§ **DIRECTIONS FOR THIS TASK**: Select all lines holding the word "another" from the entries that follow.

[Items from a data source]

◇ ◇ ◇

ghost use Rattle.std.specs.Prelude.{◌≡◌, true};
ghost use Rattle.std.specs.List.{fold};
ghost use Rattle.spec_keys.specs.Fields.{fields};
ghost use Rattle.spec_tables.specs.Rules.{Rule};
ghost use Rattle.spec_tables.specs.Edits.{Edit, is_named_by, is_reached_by};
ghost use Rattle.ovs_fields.specs.Packed.{numbers, bits};
ghost use Rattle.rule_tables.specs.Signatures.{halves, laid_on, superimposed, in_port_to_reg6, reg7_to_reg15, dl_src_to_nw_proto, nw_tos_to_vlan_tpid2, ones_of, zeros_of, signature_of, includes};
ghost use Rattle.rule_tables.specs.Included.{IsNormalised, IsIncludedIn};

use ovs_fields::{FieldId, Key, Mask};

/// The bits that a match states, those of all fields laid over one another.
#[derive(Clone, Copy)]
pub struct Signature {
    /// Those that it states to be 1.
    pub(crate) ones: u64,
    /// Those that it states to be 0.
    pub(crate) zeros: u64,
}

// The one list of the fields in this crate, in the order of the key and in four parts, since long expressions are proved
// part by part: of each field how far it is shifted. `with_shifts_of_..!(made(a, b))` calls the macro `made` with its own
// arguments and then the part.

macro_rules! with_shifts_of_in_port_to_reg6 {
    ($made:ident $arguments:tt) => {
        $made!(
            $arguments
            [InPort 32]
            [Metadata 0]
            [Reg0 0]
            [Reg1 32]
            [Reg2 0]
            [Reg3 32]
            [Reg4 0]
            [Reg5 32]
            [Reg6 0]
        )
    };
}

macro_rules! with_shifts_of_reg7_to_reg15 {
    ($made:ident $arguments:tt) => {
        $made!(
            $arguments
            [Reg7 32]
            [Reg8 0]
            [Reg9 32]
            [Reg10 0]
            [Reg11 32]
            [Reg12 0]
            [Reg13 32]
            [Reg14 0]
            [Reg15 32]
        )
    };
}

macro_rules! with_shifts_of_dl_src_to_nw_proto {
    ($made:ident $arguments:tt) => {
        $made!(
            $arguments
            [DlSrc 0]
            [DlDst 16]
            [DlType 48]
            [VlanTci 32]
            [NwSrc 0]
            [NwDst 32]
            [Ipv6Src 0]
            [Ipv6Dst 0]
            [NwProto 24]
        )
    };
}

macro_rules! with_shifts_of_nw_tos_to_vlan_tpid2 {
    ($made:ident $arguments:tt) => {
        $made!(
            $arguments
            [NwTos 16]
            [NwTtl 16]
            [IpFrag 24]
            [ArpSha 0]
            [ArpTha 16]
            [TpSrc 16]
            [TpDst 8]
            [VlanTpid 48]
            [VlanTci2 0]
            [VlanTpid2 16]
        )
    };
}

macro_rules! laid_ones {
    (($word:ident, $key:ident) $([$variant:ident $shift:literal])*) => {
        $word $(| $key.get(FieldId::$variant) << $shift)*
    };
}

macro_rules! laid_zeros {
    (($word:ident, $key:ident, $mask:ident) $([$variant:ident $shift:literal])*) => {
        $word $(| ($mask.get(FieldId::$variant) ^ $key.get(FieldId::$variant)) << $shift)*
    };
}

/// One more than the greatest number of 64 bits.
const HALF: u128 = 1 << 64;

/// Both halves of a word laid over one another.
fn halves(word: u128) -> u64
    ensures { result ≡ halves word }
{
    (word % HALF) as u64 | (word / HALF) as u64
}

fn ones_of_in_port_to_reg6(word: u128, key: &Key) -> u128
    ensures { result ≡ laid_on word (ones_of (numbers key.now)) in_port_to_reg6 }
{
    with_shifts_of_in_port_to_reg6!(laid_ones(word, key))
}

fn ones_of_reg7_to_reg15(word: u128, key: &Key) -> u128
    ensures { result ≡ laid_on word (ones_of (numbers key.now)) reg7_to_reg15 }
{
    with_shifts_of_reg7_to_reg15!(laid_ones(word, key))
}

fn ones_of_dl_src_to_nw_proto(word: u128, key: &Key) -> u128
    ensures { result ≡ laid_on word (ones_of (numbers key.now)) dl_src_to_nw_proto }
{
    with_shifts_of_dl_src_to_nw_proto!(laid_ones(word, key))
}

fn ones_of_nw_tos_to_vlan_tpid2(word: u128, key: &Key) -> u128
    ensures { result ≡ laid_on word (ones_of (numbers key.now)) nw_tos_to_vlan_tpid2 }
{
    with_shifts_of_nw_tos_to_vlan_tpid2!(laid_ones(word, key))
}

fn zeros_of_in_port_to_reg6(word: u128, key: &Key, mask: &Mask) -> u128
    ensures { result ≡ laid_on word (zeros_of (numbers key.now) (bits mask.now)) in_port_to_reg6 }
{
    with_shifts_of_in_port_to_reg6!(laid_zeros(word, key, mask))
}

fn zeros_of_reg7_to_reg15(word: u128, key: &Key, mask: &Mask) -> u128
    ensures { result ≡ laid_on word (zeros_of (numbers key.now) (bits mask.now)) reg7_to_reg15 }
{
    with_shifts_of_reg7_to_reg15!(laid_zeros(word, key, mask))
}

fn zeros_of_dl_src_to_nw_proto(word: u128, key: &Key, mask: &Mask) -> u128
    ensures { result ≡ laid_on word (zeros_of (numbers key.now) (bits mask.now)) dl_src_to_nw_proto }
{
    with_shifts_of_dl_src_to_nw_proto!(laid_zeros(word, key, mask))
}

fn zeros_of_nw_tos_to_vlan_tpid2(word: u128, key: &Key, mask: &Mask) -> u128
    ensures { result ≡ laid_on word (zeros_of (numbers key.now) (bits mask.now)) nw_tos_to_vlan_tpid2 }
{
    with_shifts_of_nw_tos_to_vlan_tpid2!(laid_zeros(word, key, mask))
}

fn ones_of(key: &Key) -> u128
    ensures { result ≡ superimposed (ones_of (numbers key.now)) fields }
{
    let word = ones_of_in_port_to_reg6(0, key);
    let word = ones_of_reg7_to_reg15(word, key);
    let word = ones_of_dl_src_to_nw_proto(word, key);
    ones_of_nw_tos_to_vlan_tpid2(word, key)
}

fn zeros_of(key: &Key, mask: &Mask) -> u128
    ensures { result ≡ superimposed (zeros_of (numbers key.now) (bits mask.now)) fields }
{
    let word = zeros_of_in_port_to_reg6(0, key, mask);
    let word = zeros_of_reg7_to_reg15(word, key, mask);
    let word = zeros_of_dl_src_to_nw_proto(word, key, mask);
    zeros_of_nw_tos_to_vlan_tpid2(word, key, mask)
}

impl Signature {
    /// The signature of a match of this key under this mask.
    pub fn of(key: &Key, mask: &Mask) -> Signature
        ensures { result ≡ signature_of (numbers key.now) (bits mask.now) }
    {
        Signature {
            ones: halves(ones_of(key)),
            zeros: halves(zeros_of(key, mask)),
        }
    }

    /// Whether it has all bits of another.
    #[inline]
    pub fn includes(&self, other: &Signature) -> bool
        ensures { result ≡ includes self.now other.now }
    {
        (self.ones & other.ones == other.ones) & (self.zeros & other.zeros == other.zeros)
    }
}

/// The signature of a rule includes that of each edit that reaches or names it, if neither has bits of the key outside the
/// mask.
pub fn rules_include_their_edits()
    ensures reached { (e : Edit) (r : Rule) → IsNormalised r.matching → IsNormalised e.matching
        → is_reached_by e r ≡ true → IsIncludedIn e r }
    ensures named { (e : Edit) (r : Rule) → is_named_by e r ≡ true → IsIncludedIn e r }
{}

◇ ◇ ◇

§ **WRITTEN REPLY**:
/// The bits that a match states, those of all fields laid over one another.
/// Both halves of a word laid over one another.
    /// Whether it has all bits of another.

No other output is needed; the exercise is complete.